Response with clarification:

Let p denote the proportion of adults in the town who have encountered this flu strain.

According to the provided information

$H_0:p=0.08\\\\ H_a: p\neq0.08$

∵ $H_a$ this is a two-tailed test.

Test statistic:

$z=\dfrac{\hat{p}-p}{\sqrt{\dfrac{p(1-p)}{n}}}$

, where p= denotes the population proportion

${\hat{p}$ = signifies the sample proportion

n= represents the sample size

Setting n= 6 and ${\hat{p}=\dfrac{6}{88}\approx0.068$ and p=0.08

$z=\dfrac{0.068-0.08}{\sqrt{\dfrac{0.08(1-0.08)}{88}}}$

$z=\dfrac{-0.012}{0.0289199522192}\approx-0.415$

P-value for the two-tailed test:[2P(Z>|z|)

=2P(Z>|-0.415|)

=2P(Z>0.415) = 2[1-P(Z≤0.415)] [∵ P(Z>z)=1-P(Z≤z)]

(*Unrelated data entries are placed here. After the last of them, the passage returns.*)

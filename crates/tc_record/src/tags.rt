//! The tags of a record's tokens: that of a value is the number of its kind.

pub(crate) const NULL_TAG: u8 = 1;

pub(crate) const BOOLEAN_TAG: u8 = 2;

pub(crate) const INTEGER_TAG: u8 = 3;

pub(crate) const TEXT_TAG: u8 = 4;

pub(crate) const ARRAY_TAG: u8 = 5;

pub(crate) const OBJECT_TAG: u8 = 6;

/// The end of what an array or an object holds.
pub(crate) const CLOSE_TAG: u8 = 7;
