//! The record of a document, written by one walk into all columns at once.

ghost use Rattle.std.specs.Prelude.{◌≡◌, ◌≤◌, ◌<◌, ◌^◌, ◌+◌, ◌++◌, ◌∷◌, [], OnOk, IfOk, length, map};
ghost use Rattle.std.specs.Int.{w32, to_be_bytes};
ghost use Rattle.tc_model.specs.Tree.{items_of, members_of, depth};
ghost use Rattle.tc_model.specs.Document.{IsDocument};
ghost use Rattle.tc_record.specs.Preorder.{preorder, items_preorder, members_preorder};
ghost use Rattle.tc_value.specs.Meaning.{tree_of, member_of};
ghost use Rattle.tc_record.specs.Record.{record_of, named_form, IsRecordOf};
ghost use Rattle.tc_model.specs.Limits.{max_depth};
ghost use Rattle.tc_model.specs.Stored.{IsObject};
ghost use Rattle.tc_record.specs.Written.{written, with_tokens};
ghost use Rattle.tc_record.specs.Measured.{column_width};

use crate::columns::Columns;
use crate::header::NAMED_FORM;
use crate::measure::{Measure, measure_document};
use crate::sizing::{len_of_record, width_of_column};
use crate::tags::{ARRAY_TAG, BOOLEAN_TAG, CLOSE_TAG, INTEGER_TAG, NULL_TAG, OBJECT_TAG};
use std::alloc::{AllocError, Global};
use tc_bytes::{Bytes, put_u32};
use tc_value::{Doc, Member};

/// The record of form 0 of an object. Errs only for want of memory.
pub fn encode(alloc: Global, doc: &Doc) -> Result<Bytes, AllocError>
    requires object { IsObject (tree_of doc.now) }
    requires short { length (record_of (tree_of doc.now)) < 2 ^ 32 }
    ensures spelled { IfOk result (λ bytes. bytes ≡ record_of (tree_of doc.now)) }
    ensures is_record { IfOk result (λ bytes. IsDocument (tree_of doc.now) → depth (tree_of doc.now) ≤ max_depth → IsRecordOf (tree_of doc.now) bytes) }
    ensures lawful { IsDocument (tree_of doc.now) }
{
    let measure = measure_document(doc);
    let len = len_of_record(measure);
    let mut out = Vec::with_capacity(alloc, len as usize)?;
    put_header(len, measure, &mut out)?;
    let mut columns = Columns::behind(alloc, out, measure)?;
    put_value(doc, &mut columns)?;
    Ok(Bytes::of(columns.into_row()?))
}

/// The header of form 0.
fn put_header(len: u64, measure: Measure, out: &mut Vec<u8>) -> Result<(), AllocError>
    requires len { len < 2 ^ 32 }
    requires tags { measure.tags < 2 ^ 32 }
    requires fixed { measure.fixed < 2 ^ 32 }
    requires texts { measure.texts.count < 2 ^ 32 }
    requires names { measure.names.count < 2 ^ 32 }
    ensures { OnOk result (out.new.items ≡ out.old.items ++ (to_be_bytes w32 len ++ (named_form ∷ (to_be_bytes w32 measure.tags ++ (to_be_bytes w32 measure.fixed ++ (to_be_bytes w32 measure.texts.count ++ (column_width measure.texts ∷ (to_be_bytes w32 measure.names.count ++ column_width measure.names ∷ [])))))))) }
{
    put_u32(out, len as u32)?;
    out.push(NAMED_FORM)?;
    put_u32(out, measure.tags as u32)?;
    put_u32(out, measure.fixed as u32)?;
    put_u32(out, measure.texts.count as u32)?;
    out.push(width_of_column(measure.texts).bytes())?;
    put_u32(out, measure.names.count as u32)?;
    out.push(width_of_column(measure.names).bytes())?;
    Ok(())
}

// Built into the two loops below, which take a call for each array and each object: most values are scalars.
#[inline(always)]
#[cycle(encode)]
fn put_value(doc: &Doc, columns: &mut Columns) -> Result<(), AllocError>
    ensures { OnOk result (written columns.new ≡ with_tokens (written columns.old) (preorder None (tree_of doc.now))) }
{
    match doc {
        Doc::Null => columns.put_tag(NULL_TAG),
        Doc::Bool(value) => columns.put_byte(BOOLEAN_TAG, u8::from(*value)),
        Doc::Int(value) => columns.put_fixed(INTEGER_TAG, &value.to_be_bytes()),
        Doc::Text(value) => columns.put_text(value.as_str()),
        Doc::Array(items) => {
            columns.put_tag(ARRAY_TAG)?;
            put_items(items.as_slice(), columns)?;
            columns.put_tag(CLOSE_TAG)
        }
        Doc::Object(members) => {
            columns.put_tag(OBJECT_TAG)?;
            put_members(members.as_slice(), columns)?;
            columns.put_tag(CLOSE_TAG)
        }
    }
}

#[inline(never)]
#[cycle(encode)]
fn put_items(items: &[Doc], columns: &mut Columns) -> Result<(), AllocError>
    ensures { OnOk result (written columns.new ≡ with_tokens (written columns.old) (items_preorder (items_of (map tree_of items.now)))) }
{
    for item in items {
        put_value(item, columns)?;
    }
    Ok(())
}

#[inline(never)]
#[cycle(encode)]
fn put_members(members: &[Member], columns: &mut Columns) -> Result<(), AllocError>
    ensures { OnOk result (written columns.new ≡ with_tokens (written columns.old) (members_preorder (members_of (map member_of members.now)))) }
{
    for member in members {
        columns.put_name(member.name.as_str())?;
        put_value(&member.value, columns)?;
    }
    Ok(())
}
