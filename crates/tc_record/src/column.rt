//! The numbers of a column of a record, lent.

ghost use Rattle.std.specs.Prelude.{◌≡◌, ◌≤◌, ◌∷◌, [], IfSome, IfNone, IsTrue, drop, take, length};

use crate::numbers::Numbers;
use std::marker::Model;

/// The numbers of a column, read one by one. Contracts see those that are left.
#[derive(Drop)]
pub struct Column<'a> {
    left: Numbers<'a>,
}

impl<'a> Model for Column<'a> {
    ghost use Rattle.std.specs.Prelude.{List, ℕ};
    ghost use Rattle.tc_record.specs.WalkView.{numbers_of};

    ghost Value = { List ℕ };

    ghost view = { λ c. numbers_of c.left };
}

impl<'a> Column<'a> {
    ghost use Rattle.tc_record.specs.WalkView.{numbers_of};

    pub(crate) fn of(left: Numbers<'a>) -> Column<'a>
        ensures { result ≡ numbers_of left.entry }
    {
        Column { left }
    }

    /// The next number, or `None` at the end. Takes no memory.
    #[inline(always)]
    pub fn next(&mut self) -> Option<u32>
        ensures some { IfSome result (λ number. self.old ≡ number ∷ self.new) }
        ensures end { IfNone result (self.old ≡ []) }
    {
        self.left.next()
    }

    /// How many numbers are left. Takes no memory.
    pub fn len(&self) -> u32
        ensures { result ≡ length self.now }
    {
        self.left.left
    }

    /// The same column, lent once more. Takes no memory.
    #[inline(always)]
    pub fn again(&self) -> Column<'a>
        ensures { result ≡ self.now }
    {
        Column { left: self.left }
    }

    /// Passes so many numbers, or all that are left. Takes no memory.
    #[inline(always)]
    pub fn pass(&mut self, count: u32)
        ensures { self.new ≡ drop count self.old }
    {
        self.left.pass(count);
    }

    /// Whether so many numbers are left here and in another column, and are the same. Where the answer is no, nothing is said.
    /// Takes no memory.
    #[inline(always)]
    pub fn begins_like(&self, other: &Column<'_>, count: u32) -> bool
        ensures { IsTrue result → (count ≤ length self.now) × (take count self.now ≡ take count other.now) }
    {
        self.left.begin_like(&other.left, count)
    }
}
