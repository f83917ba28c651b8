//! How many bytes a number of a column takes.

ghost use Rattle.std.specs.Prelude.{◌≡◌, ◌++◌, OnOk};
ghost use Rattle.std.specs.Int.{bytes_high_first};
ghost use Rattle.tc_record.specs.Record.{width_of};
ghost use Rattle.tc_record.specs.Widths.{width_bytes};

use std::alloc::AllocError;

/// The bytes of each number of a column: none where the column is empty.
#[derive(Clone, Copy)]
pub enum Width {
    Zero,
    One,
    Two,
    Four,
}

impl Width {
    /// The least of 1, 2 and 4 bytes that holds a number of 32 bits.
    pub fn holding(number: u64) -> Width
        ensures { width_bytes result ≡ width_of number }
    {
        if number < 256 {
            Width::One
        } else if number < 65536 {
            Width::Two
        } else {
            Width::Four
        }
    }

    /// How many bytes a number of the column takes.
    pub fn bytes(self) -> u8
        ensures { result ≡ width_bytes self }
    {
        match self {
            Width::Zero => 0,
            Width::One => 1,
            Width::Two => 2,
            Width::Four => 4,
        }
    }
}

/// Appends the lowest bytes of a number, the highest of them first.
// Mostly one byte, which takes fewer instructions than a call.
#[inline(always)]
pub fn put_number(width: Width, number: usize, out: &mut Vec<u8>) -> Result<(), AllocError>
    ensures { OnOk result (out.new.items ≡ out.old.items ++ bytes_high_first (width_bytes width) number) }
{
    let bytes = number.to_be_bytes();
    match width {
        Width::Zero => Ok(()),
        Width::One => Ok(out.push(bytes[7])?),
        Width::Two => out.extend_from_slice(&bytes[6..]),
        Width::Four => out.extend_from_slice(&bytes[4..]),
    }
}
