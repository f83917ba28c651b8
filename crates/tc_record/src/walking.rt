//! A walk over the tokens of a record that was judged.

ghost use Rattle.std.specs.Prelude.{◌≡◌, ◌∷◌, [], option_map};
ghost use Rattle.tc_record.specs.Walk.{known_step, label_at, without_last, in_object};
ghost use Rattle.tc_record.specs.WalkView.{token_of, key_of, columns_of, format_of};
ghost use Rattle.tc_record.specs.Stack.{kind_of, kinds_of};

use crate::kinds::Kinds;
use crate::reader::{Columns, Format, name_in, piece_in};
use crate::tags::CLOSE_TAG;
use crate::token::{Label, Piece, Token};

/// What is open, and what is left of the columns after the tags. The names of a judged record are known to ascend, so none is
/// kept: those who walk move and copy a cursor, and it stays small.
#[derive(Clone, Copy)]
pub(crate) struct Walk<'a> {
    pub(crate) format: Format,
    pub(crate) columns: Columns<'a>,
    pub(crate) kinds: Kinds,
}

impl<'a> Walk<'a> {
    /// The walk behind the first token of a record, which opens an object.
    pub(crate) fn in_object(format: Format, columns: Columns<'a>) -> Walk<'a>
        ensures format { result.format ≡ format }
        ensures columns { columns_of result.columns ≡ columns_of columns.entry }
        ensures levels { kinds_of result.kinds.arrays result.kinds.depth ≡ in_object None ∷ [] }
    {
        Walk {
            format,
            columns,
            kinds: Kinds::in_object(),
        }
    }

    /// The token of a tag, or `None` where no token can stand there.
    #[inline(always)]
    pub(crate) fn step(&mut self, tag: u8) -> Option<Token<'a>>
        ensures step { option_map (λ t. (token_of t, kinds_of self.new.kinds.arrays self.new.kinds.depth, columns_of self.new.columns)) result ≡ known_step (format_of self.old.format) tag (kinds_of self.old.kinds.arrays self.old.kinds.depth) (columns_of self.old.columns) }
        ensures format { self.new.format ≡ self.old.format }
    {
        token_in(self.format, tag, &mut self.kinds, &mut self.columns)
    }
}

/// The token of a tag, with what is open and the columns moved on.
#[inline(always)]
fn token_in<'a>(
    format: Format,
    tag: u8,
    kinds: &mut Kinds,
    columns: &mut Columns<'a>,
) -> Option<Token<'a>>
    ensures { option_map (λ t. (token_of t, kinds_of kinds.new.arrays kinds.new.depth, columns_of columns.new)) result ≡ known_step (format_of format) tag (kinds_of kinds.old.arrays kinds.old.depth) (columns_of columns.old) }
{
    if kinds.depth == 0 {
        return None;
    }
    if tag == CLOSE_TAG {
        kinds.close();
        return Some(Token {
            label: Label::Bare,
            value: Piece::Close,
        });
    }
    let label = label_in(format, kinds.arrays % 2 == 1, columns)?;
    let value = piece_in(tag, columns)?;
    if kinds.open(value) {
        Some(Token { label, value })
    } else {
        None
    }
}

/// The label of a value that stands in an array or in an object.
#[inline(always)]
fn label_in<'a>(format: Format, in_array: bool, columns: &mut Columns<'a>) -> Option<Label<'a>>
    ensures { option_map (λ l. (key_of l, kind_of in_array, columns_of columns.new)) result ≡ option_map without_last (label_at (format_of format) (kind_of in_array) (columns_of columns.old)) }
{
    if in_array {
        return Some(Label::Bare);
    }
    if format.named {
        let name = name_in(None, columns)?;
        return Some(Label::Name(name));
    }
    let number = columns.slots.next()?;
    Some(Label::Number(number))
}
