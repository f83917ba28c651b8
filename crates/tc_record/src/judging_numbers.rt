//! Whether columns spell the tokens of a record of form 1 or 2. Members of its objects carry numbers, which may come in any
//! order, so that of what is open it is enough to know which are arrays.

ghost use Rattle.std.specs.Prelude.{◌≡◌, ◌≢◌, ◌<◌, ◌∷◌, [], None, false, length, is_some, if◌then◌else◌};
ghost use Rattle.std.specs.List.{sum};
ghost use Rattle.tc_record.specs.Record.{close_tag};
ghost use Rattle.tc_record.specs.Walk.{walk, in_object, tokens_read};
ghost use Rattle.tc_record.specs.Moves.{label_moves, token_moves};
ghost use Rattle.tc_record.specs.WalkView.{columns_of, format_of, numbers_of};
ghost use Rattle.tc_record.specs.Stack.{kind_of, kinds_of};

use crate::judging::is_used_up;
use crate::judging_ascii::has_further_ascii_tokens;
use crate::kinds::Kinds;
use crate::reader::{Columns, Format, piece_in};
use crate::tags::{CLOSE_TAG, OBJECT_TAG};

/// Whether tags and columns spell the tokens of an object, and nothing else.
pub(crate) fn has_numbered_tokens(tags: &[u8], format: Format, columns: Columns<'_>) -> bool
    requires numbered { format.named ≡ false }
    requires summed { sum (numbers_of columns.lengths) ≡ length columns.texts.now }
    ensures { result ≡ is_some (tokens_read (format_of format) tags.now (columns_of columns.entry)) }
{
    match tags {
        [] => false,
        [first, rest @ ..] => *first == OBJECT_TAG && has_further(rest, format, columns),
    }
}

/// Whether these are the tags behind the first one.
fn has_further(tags: &[u8], format: Format, columns: Columns<'_>) -> bool
    requires numbered { format.named ≡ false }
    requires summed { sum (numbers_of columns.lengths) ≡ length columns.texts.now }
    ensures { result ≡ is_some (walk (format_of format) tags.now (in_object None ∷ []) (columns_of columns.entry)) }
{
    if columns.texts.is_ascii() {
        has_further_ascii_tokens(tags, format, columns)
    } else {
        has_further_tokens(tags, format, columns)
    }
}

/// The same for texts of all characters, none of which may be cut.
fn has_further_tokens(tags: &[u8], format: Format, columns: Columns<'_>) -> bool
    requires { format.named ≡ false }
    ensures { result ≡ is_some (walk (format_of format) tags.now (in_object None ∷ []) (columns_of columns.entry)) }
{
    let mut kinds = Kinds::in_object();
    let mut left = columns;
    for tag in tags {
        if !passes(format, *tag, &mut kinds, &mut left) {
            return false;
        }
    }
    kinds.depth == 0 && is_used_up(left)
}

/// Whether a token of this tag stands next, with what is open and the columns moved on.
#[inline(always)]
fn passes(format: Format, tag: u8, kinds: &mut Kinds, columns: &mut Columns<'_>) -> bool
    requires { format.named ≡ false }
    ensures { token_moves (format_of format) tag (kinds_of kinds.old.arrays kinds.old.depth) (columns_of columns.old) ≡ (if result then Some (kinds_of kinds.new.arrays kinds.new.depth, columns_of columns.new) else None) }
{
    if kinds.depth == 0 {
        return false;
    }
    if tag == CLOSE_TAG {
        kinds.close();
        return true;
    }
    passes_value(format, tag, kinds, columns)
}

/// Whether a value of this tag, or the opening of one, stands next in what is open.
#[inline(always)]
pub(crate) fn passes_value(
    format: Format,
    tag: u8,
    kinds: &mut Kinds,
    columns: &mut Columns<'_>,
) -> bool
    requires numbered { format.named ≡ false }
    requires inside { 0 < kinds.old.depth }
    requires value { tag ≢ close_tag }
    ensures { token_moves (format_of format) tag (kinds_of kinds.old.arrays kinds.old.depth) (columns_of columns.old) ≡ (if result then Some (kinds_of kinds.new.arrays kinds.new.depth, columns_of columns.new) else None) }
{
    if !passes_label(format, kinds.arrays % 2 == 1, columns) {
        return false;
    }
    match piece_in(tag, columns) {
        None => false,
        Some(piece) => kinds.open(piece),
    }
}

/// Whether the label of a value stands next, which in an object is a number, and in an array nothing.
#[inline(always)]
fn passes_label(format: Format, in_array: bool, columns: &mut Columns<'_>) -> bool
    requires { format.named ≡ false }
    ensures { label_moves (format_of format) (kind_of in_array) (columns_of columns.old) ≡ (if result then Some (kind_of in_array, columns_of columns.new) else None) }
{
    if in_array {
        return true;
    }
    columns.slots.passes()
}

=2(1-0.6609) [from the z-table]

=0.6782

Decision: Because the p-value(0.6782) exceeds the significance level of 0.01, we do not reject the null hypothesis.

This leads us to conclude that there is insufficient evidence to back the assertion that the percentage of all adults in this town exposed to this flu strain deviates from the national average of 8%.